Todo lo que no es

Este poema no es la historia de un hombre triste y solo que ha sufrido en su memoria, maldiciendo sobre Apolo, que en su eterna soledad se pasea por las sombras que le sirven como alfombras de su inmensa oscuridad. Esos cuentos ya son viejos y esos hombres son perplejos.

Por supuesto que tampoco éste es un cuento de hadas donde un mundo vuelto loco tienta a damas encantadas con la única ilusión de vivir su amor perfecto sin tener más que un defecto: la carencia de razón.
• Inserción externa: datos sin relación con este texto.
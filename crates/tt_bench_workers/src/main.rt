//! How soon what a core tells is at the other end of a socket, with the workers of this repository and, beside them, with a plain
//! loop over std's sockets.
//!
//! `tt_bench_workers` makes a small run of each, and writes that all came; that is the same at each run.
//! `tt_bench_workers full` measures, for a minute or two.
#![tactic(auto)]

ghost use Rattle.std.specs.Prelude.{◌≤◌};

mod board;
mod client;
mod drive;
mod figures;
mod plain;
mod served;

use crate::drive::{Outcome, Task, Way, run};
use std::alloc::Global;
use std::env;
use std::fs::Files;
use std::io::{self, Print};
use std::net::{Net, TcpListener, TcpStream};
use std::process::ExitCode;
use std::rt::Env;
use std::sync::Wait;
use std::thread::Threads;
use std::time::{Clock, CpuClock};

/// How many handles a server has that is measured: as many as a game server with its admins.
const HANDLES: u32 = 273;

/// How it is used.
const HELP: &str = "Measures workers over loopback, beside a plain loop over std's sockets.

Use: tt_bench_workers [full]

Without a word it makes a small run of each and tells no times. With full it measures
for a minute or two. The exit status is 0 when all was done, 1 when a socket failed
or memory ran out, 2 for unknown words, and 5 when writing failed.";

/// Which version it is.
const VERSION: &str = "tt_bench_workers 0.1";

/// What was asked for.
#[derive(Clone, Copy)]
enum Asked {
    Text(&'static str),
    Small,
    Full,
}

fn main(rt: HostRuntime) -> ExitCode {
    let done = match asked_by(&rt) {
        None => return ExitCode::from(2),
        Some(Asked::Text(text)) => say(&rt, text),
        Some(Asked::Small) => small(&rt, rt.alloc()),
        Some(Asked::Full) => full(&rt, rt.alloc()),
    };
    match done {
        Ok(true) => ExitCode::from(0),
        Ok(false) => ExitCode::from(1),
        Err(_) => ExitCode::from(5),
    }
}

/// What the words ask for.
fn asked_by<R: Env + AllocGlobal>(rt: &R) -> Option<Asked> {
    let mut words = env::args(rt).ok()?.skip(1);
    let Some(word) = words.next() else {
        return Some(Asked::Small);
    };
    match word.as_str() {
        "full" => Some(Asked::Full),
        "--help" => Some(Asked::Text(HELP)),
        "--version" => Some(Asked::Text(VERSION)),
        _ => None,
    }
}

/// Writes a text and the end of its line.
fn say<R: Print>(rt: &R, text: &str) -> io::Result<bool> {
    println!(rt; "{text}")?;
    Ok(true)
}

/// Who serves, in a word.
fn name(way: Way) -> &'static str {
    match way {
        Way::Workers => "workers",
        Way::Plain => "plain loop",
    }
}

/// A small run of each way.
fn small<R>(rt: &R, alloc: Global) -> io::Result<bool>
where
    R: Net<Listener = TcpListener, Stream = TcpStream>
        + Threads
        + Wait
        + Clock
        + CpuClock
        + Files
        + Print
        + AllocGlobal
        + Sync,
{
    for way in [Way::Workers, Way::Plain] {
        let task = Task {
            way,
            handles: 8,
            links: 4,
            wanted: (40, 8),
            visits: 5,
            rest: 10,
        };
        if run(rt, alloc, &task).is_none() {
            return Ok(false);
        }
        println!(rt;
            "{}: 4 links, each told its beats and answered, and 5 visits",
            name(way)
        )?;
    }
    Ok(true)
}

/// The figures of each way.
fn full<R>(rt: &R, alloc: Global) -> io::Result<bool>
where
    R: Net<Listener = TcpListener, Stream = TcpStream>
        + Threads
        + Wait
        + Clock
        + CpuClock
        + Files
        + Print
        + AllocGlobal
        + Sync,
{
    for way in [Way::Workers, Way::Plain] {
        for links in [1, 25, 255] {
            let task = Task {
                way,
                handles: HANDLES,
                links,
                wanted: (200 * links as usize, 500),
                visits: if links == 1 { 300 } else { 0 },
                rest: if links == 1 { 10_000 } else { 1_000 },
            };
            let Some(told) = run(rt, alloc, &task) else {
                return Ok(false);
            };
            tell(rt, &task, &told)?;
        }
    }
    Ok(true)
}

/// Writes what a run came to.
fn tell<R: Print>(rt: &R, task: &Task, run: &Outcome) -> io::Result<()> {
    let [beat, late_beat, answer, late_answer] = run.late;
    println!(rt; "{}, {} links:", name(task.way), task.links)?;
    println!(rt; "  from a beat to its byte: {beat} us at 50 of 100, {late_beat} us at 95")?;
    println!(rt; "  from a byte to its echo: {answer} us at 50 of 100, {late_answer} us at 95")?;
    println!(rt; "  all greeted after {} us", run.greeted)?;
    println!(rt;
        "  bytes of memory: {} a link, {} in all",
        run.bytes, run.held
    )?;
    println!(rt;
        "  millionths of a processor: {} with no link, {} with all",
        run.idle, run.busy
    )?;
    if task.visits > 0 {
        println!(rt; "  {} connections in {} us", task.visits, run.visited)?;
    }
    Ok(())
}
Esos cuentos son tonteras y esas damas ni siquiera.

Esto no es una novela de un valiente y sobrio mozo que hace todo, que hasta vuela, pues se precia de amoroso, caballero andante altivo que pelea por su novia, que ante nada él se agobia, pues por ella sigue vivo. Esos cuentos son un chiste; si te gustan, ya perdiste.
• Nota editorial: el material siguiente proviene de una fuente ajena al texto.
//! The other end: connects, notes when each beat comes, and asks now and then.
use crate::board::{ASKED, BEATS, Board, now};
use crate::figures::Figures;
use libc::net::{POLLIN, poll};
use libc::types::pollfd;
use std::alloc::Global;
use std::io::{Read, Write};
use std::net::{Net, SocketAddr, TcpListener, TcpStream};
use std::os::fd::AsRawFd;
use std::time::{Clock, Duration};

/// How many looks are taken at most.
const LOOKS: u32 = 1_000_000;

/// How many microseconds pass at least between an answer and the next question.
const PAUSE: u64 = 7_000;

/// A connection that was greeted. None where it could not be made.
pub fn connect<R: Net<Listener = TcpListener, Stream = TcpStream>>(
    rt: &R,
    place: SocketAddr,
) -> Option<TcpStream> {
    let stream = TcpStream::connect(rt, place).ok()?;
    stream.set_nodelay(true).ok()?;
    stream.set_read_timeout(Some(Duration::from_secs(30))).ok()?;
    Some(stream)
}

/// Waits for the greeting.
pub fn greeted(stream: &mut TcpStream) -> Option<()> {
    stream.read_exact(&mut [0; 1]).ok()
}

/// So many connections, each greeted.
pub fn all<R: Net<Listener = TcpListener, Stream = TcpStream>>(
    rt: &R,
    alloc: Global,
    place: SocketAddr,
    links: u32,
) -> Option<Vec<TcpStream>> {
    let mut streams = Vec::new(alloc);
    for _ in 0..links {
        streams.push(connect(rt, place)?).ok()?;
    }
    for stream in streams.iter_mut() {
        greeted(stream)?;
    }
    Some(streams)
}

/// What a link asks: a packet of one byte.
fn question() -> [u8; 4] {
    [4, 0, 4, ASKED]
}

/// What is asked and not answered yet, and when the next question is due.
#[derive(Drop)]
struct Asking {
    asked: Option<u64>,
    next: u64,
    turn: usize,
}

/// Notes the bytes that came on one link.
fn note(
    stream: &mut TcpStream,
    board: &Board,
    figures: &mut Figures,
    asking: &mut Asking,
    time: u64,
) -> Option<()> {
    let mut piece = [0; 64];
    let count = stream.read(&mut piece).ok()?;
    for &byte in &piece[..count] {
        if byte < BEATS {
            figures.beat(time.saturating_sub(board.told(byte)?)).ok()?;
        } else if let Some(asked) = asking.asked {
            figures.answer(time.saturating_sub(asked)).ok()?;
            asking.asked = None;
            asking.next = time.saturating_add(PAUSE + asked % 9_000);
        }
    }
    Some(())
}

/// Asks on one link, where nothing is asked and it is time.
fn ask(streams: &mut Vec<TcpStream>, asking: &mut Asking, time: u64) -> Option<()> {
    if asking.asked.is_some() || time < asking.next || streams.is_empty() {
        return Some(());
    }
    asking.turn = asking.turn.wrapping_add(7919) % streams.len();
    asking.asked = Some(time);
    streams.get_mut(asking.turn)?.write_all(&question()).ok()
}

/// Listens on all links and asks, until so many beats and answers came.
pub fn listen<R: Clock>(
    rt: &R,
    alloc: Global,
    streams: &mut Vec<TcpStream>,
    board: &Board,
    wanted: (usize, usize),
    figures: &mut Figures,
) -> Option<()> {
    let mut looked = Vec::new(alloc);
    for stream in streams.iter() {
        looked
            .push(pollfd {
                fd: stream.as_raw_fd(),
                events: POLLIN,
                revents: 0,
            })
            .ok()?;
    }
    let mut asking = Asking {
        asked: None,
        next: now(rt),
        turn: 0,
    };
    for _ in 0..LOOKS {
        if figures.beats() >= wanted.0 && figures.answers() >= wanted.1 {
            return Some(());
        }
        poll(looked.as_mut_slice(), 5);
        let time = now(rt);
        for (stream, look) in streams.iter_mut().zip(looked.iter()) {
            if look.revents != 0 {
                note(stream, board, figures, &mut asking, time)?;
            }
        }
        ask(streams, &mut asking, now(rt))?;
    }
    None
}
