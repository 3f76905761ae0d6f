//! The same over std's sockets alone: a thread for each handle reads, with a timeout, answers the last byte of what came, and
//! writes the byte of a new beat. It knows no packets, no core and no room.
use crate::board::{Board, now};
use crate::served::GREETING;
use std::alloc::Global;
use std::io::{Read, Write};
use std::net::{TcpListener, TcpStream};
use std::os::fd::OwnedFd;
use std::sync::Wait;
use std::thread::{self, Threads};
use std::time::{Clock, Duration};
use tt_edge::{Beat, ClockTicker, Ticker};

/// How many milliseconds a read waits.
const WAIT: u64 = 2;

/// How many milliseconds an accept waits.
const ACCEPT: u64 = 50;

/// Writes a byte, and answers whether that went well.
fn put(stream: &mut TcpStream, byte: u8) -> bool {
    stream.write_all(&[byte]).is_ok()
}

/// Reads once, and answers what came with its last byte. None where the connection ended.
fn answer(stream: &mut TcpStream) -> Option<()> {
    let mut piece = [0; 4096];
    match stream.read(&mut piece) {
        Ok(0) => None,
        Ok(count) => {
            let last = piece[..count].last().copied()?;
            if put(stream, last) { Some(()) } else { None }
        }
        Err(_) => Some(()),
    }
}

/// Serves one connection.
fn talk<R: Wait>(rt: &R, mut stream: TcpStream, board: &Board) -> Option<()> {
    stream.set_nodelay(true).ok()?;
    stream
        .set_read_timeout(Some(Duration::from_millis(WAIT)))
        .ok()?;
    let mut seen = board.beats();
    if !put(&mut stream, GREETING) {
        return None;
    }
    for _ in rt.forever() {
        if board.is_done() {
            return None;
        }
        answer(&mut stream)?;
        let beats = board.beats();
        if beats != seen && board.links() > 0 {
            seen = beats;
            if !put(&mut stream, Board::byte(beats)) {
                return None;
            }
        }
    }
    None
}

/// Accepts connections and serves each, until all is done.
fn attend<R: Wait>(rt: &R, listener: &TcpListener, board: &Board) {
    for _ in rt.forever() {
        if board.is_done() {
            return;
        }
        if let Ok((stream, _)) = listener.accept() {
            let _ = talk(rt, stream, board);
        }
    }
}

/// A thread for each handle, until all is done.
fn attend_all<R: Threads + Wait + Sync>(rt: &R, doors: &mut Vec<TcpListener>, board: &Board) {
    let threads = doors.len().max(1);
    thread::for_each_mut(
        rt,
        doors.as_mut_slice(),
        threads,
        &|_, door: &mut TcpListener| attend(rt, door, board),
    );
}

/// Begins a beat every 30 milliseconds, until all is done.
fn beat<R: Wait + Clock>(rt: &R, board: &Board) {
    let mut clock = ClockTicker::new(rt);
    for _ in rt.forever() {
        if board.is_done() || clock.wait() != Beat::Tick {
            return;
        }
        let _ = board.begin(now(rt));
    }
}

/// Serves a socket with so many handles, until all is done. None where memory, or descriptors, ran out.
pub fn serve<R: Threads + Wait + Clock + Sync>(
    rt: &R,
    alloc: Global,
    listener: TcpListener,
    handles: u32,
    board: &Board,
) -> Option<()> {
    let same = TcpStream::from(OwnedFd::from(listener.try_clone().ok()?));
    same.set_read_timeout(Some(Duration::from_millis(ACCEPT)))
        .ok()?;
    let mut doors = Vec::new(alloc);
    for _ in 0..handles {
        doors.push(listener.try_clone().ok()?).ok()?;
    }
    thread::join(rt, || beat(rt, board), || attend_all(rt, &mut doors, board));
    Some(())
}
No es la princesa dormida, prisionera en una torre, por dragones guarecida, esperando a quien los borre y del sueño la rescate como buen príncipe azul con semblante de gandul, rico, guapo y sin mecate. No hay un beso verdadero en un cuento verdulero.

No es la historia de un poeta miserable y solitario que una noche al darse cuenta calma el cielo su calvario, enviándole una linda estrella con la forma de una dama que lo arrulla, que lo ama cual la luna dulce y bella. Esos cuentos son mentira; quien los cree es quien delira.
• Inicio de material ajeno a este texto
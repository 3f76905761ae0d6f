//! What was measured: microseconds, in lists that are sorted at the end.
use std::alloc::{AllocFailed, Global};

/// The times from a beat to its byte, and from a question to its answer, in microseconds.
#[derive(Drop)]
pub struct Figures {
    beats: Vec<u64>,
    answers: Vec<u64>,
}

impl Figures {
    /// Nothing was measured yet.
    pub fn new(alloc: Global) -> Figures {
        Figures {
            beats: Vec::new(alloc),
            answers: Vec::new(alloc),
        }
    }

    /// A beat's byte came so late.
    pub fn beat(&mut self, late: u64) -> Result<(), AllocFailed<u64>> {
        self.beats.push(late)
    }

    /// An answer came so late.
    pub fn answer(&mut self, late: u64) -> Result<(), AllocFailed<u64>> {
        self.answers.push(late)
    }

    /// How many bytes of beats came.
    pub fn beats(&self) -> usize {
        self.beats.len()
    }

    /// How many answers came.
    pub fn answers(&self) -> usize {
        self.answers.len()
    }

    /// The times of beats that half, and nineteen of twenty, don't pass; and those of answers.
    pub fn told(&mut self) -> [u64; 4] {
        self.beats.sort_unstable();
        self.answers.sort_unstable();
        [
            share(&self.beats, 50),
            share(&self.beats, 95),
            share(&self.answers, 50),
            share(&self.answers, 95),
        ]
    }
}

/// The time that so many of a hundred don't pass. 0 where there is none.
fn share(times: &[u64], of_hundred: usize) -> u64 {
    let place = times.len().saturating_mul(of_hundred) / 100;
    times.get(place).copied().unwrap_or(0)
}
Tampoco es el gran relato de una chica enamorada que desposa a un pazguato y termina embarazada, que en su casa se envejece y la vida se le escapa por los hijos y la etapa aunque no se lo merece. Cualquier cuento parecido son patrañas sin sentido.

Este cuento, en cambio, es todo lo contrario a esto. Un poema que ni es ni pretende nunca serlo. Una historia que no es ¡y qué bueno, yo me alegro! Y si usted no sabe qué es, pues ni modo, lo lamento.